Your instructions: Your task is to gather the lines below that hold the string "OnOk".
(Beginning of Data shown)
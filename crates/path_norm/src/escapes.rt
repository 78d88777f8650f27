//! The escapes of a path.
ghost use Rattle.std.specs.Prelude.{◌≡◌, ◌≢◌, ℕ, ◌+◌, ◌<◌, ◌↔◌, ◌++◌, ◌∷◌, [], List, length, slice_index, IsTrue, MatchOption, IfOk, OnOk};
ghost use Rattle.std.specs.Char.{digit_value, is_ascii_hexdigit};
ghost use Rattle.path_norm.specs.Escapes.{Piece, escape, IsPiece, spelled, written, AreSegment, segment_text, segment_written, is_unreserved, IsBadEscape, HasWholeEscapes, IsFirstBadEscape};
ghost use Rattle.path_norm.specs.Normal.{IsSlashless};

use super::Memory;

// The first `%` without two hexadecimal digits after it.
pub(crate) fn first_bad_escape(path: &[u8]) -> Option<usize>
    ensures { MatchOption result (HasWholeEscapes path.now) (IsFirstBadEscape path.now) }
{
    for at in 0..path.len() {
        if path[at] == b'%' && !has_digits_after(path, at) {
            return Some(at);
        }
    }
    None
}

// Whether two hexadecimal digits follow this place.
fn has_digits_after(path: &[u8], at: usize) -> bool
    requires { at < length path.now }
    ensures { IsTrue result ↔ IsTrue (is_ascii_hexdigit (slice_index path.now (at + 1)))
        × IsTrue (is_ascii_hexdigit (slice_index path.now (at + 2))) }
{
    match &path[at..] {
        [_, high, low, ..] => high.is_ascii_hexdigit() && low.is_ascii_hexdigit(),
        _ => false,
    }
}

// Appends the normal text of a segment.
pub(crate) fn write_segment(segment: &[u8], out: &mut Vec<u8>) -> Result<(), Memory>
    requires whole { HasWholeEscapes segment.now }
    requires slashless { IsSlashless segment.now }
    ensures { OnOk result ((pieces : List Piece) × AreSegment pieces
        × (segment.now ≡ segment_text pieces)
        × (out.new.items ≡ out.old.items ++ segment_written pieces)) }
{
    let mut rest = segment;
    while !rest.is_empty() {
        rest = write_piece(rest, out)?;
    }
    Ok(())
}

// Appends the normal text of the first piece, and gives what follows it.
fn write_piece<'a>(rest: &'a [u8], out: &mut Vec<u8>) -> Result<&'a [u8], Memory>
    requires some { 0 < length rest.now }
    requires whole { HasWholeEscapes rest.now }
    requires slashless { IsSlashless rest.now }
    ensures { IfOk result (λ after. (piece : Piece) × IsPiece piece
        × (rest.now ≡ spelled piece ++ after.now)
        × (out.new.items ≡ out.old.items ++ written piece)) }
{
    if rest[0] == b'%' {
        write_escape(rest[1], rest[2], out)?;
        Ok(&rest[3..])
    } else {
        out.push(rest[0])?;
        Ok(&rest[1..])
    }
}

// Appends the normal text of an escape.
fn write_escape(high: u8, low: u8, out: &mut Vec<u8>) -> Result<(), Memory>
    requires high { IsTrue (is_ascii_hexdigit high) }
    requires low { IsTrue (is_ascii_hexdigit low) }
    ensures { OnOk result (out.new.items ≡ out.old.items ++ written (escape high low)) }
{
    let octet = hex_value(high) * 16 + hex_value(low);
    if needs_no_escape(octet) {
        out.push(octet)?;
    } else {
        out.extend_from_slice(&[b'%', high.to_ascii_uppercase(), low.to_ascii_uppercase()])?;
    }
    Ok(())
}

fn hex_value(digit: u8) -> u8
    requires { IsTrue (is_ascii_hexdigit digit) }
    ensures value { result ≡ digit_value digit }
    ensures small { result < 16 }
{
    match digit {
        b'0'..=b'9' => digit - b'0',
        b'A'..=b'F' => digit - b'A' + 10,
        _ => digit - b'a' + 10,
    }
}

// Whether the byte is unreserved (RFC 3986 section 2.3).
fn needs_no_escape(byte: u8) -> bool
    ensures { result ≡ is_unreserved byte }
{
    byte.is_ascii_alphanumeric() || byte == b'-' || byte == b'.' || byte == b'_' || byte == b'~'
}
(End of Data shown)
Written response:
ghost use Rattle.std.specs.Prelude.{◌≡◌, ◌≢◌, ℕ, ◌+◌, ◌<◌, ◌↔◌, ◌++◌, ◌∷◌, [], List, length, slice_index, IsTrue, MatchOption, IfOk, OnOk};
    ensures { OnOk result ((pieces : List Piece) × AreSegment pieces
    ensures { OnOk result (out.new.items ≡ out.old.items ++ written (escape high low)) }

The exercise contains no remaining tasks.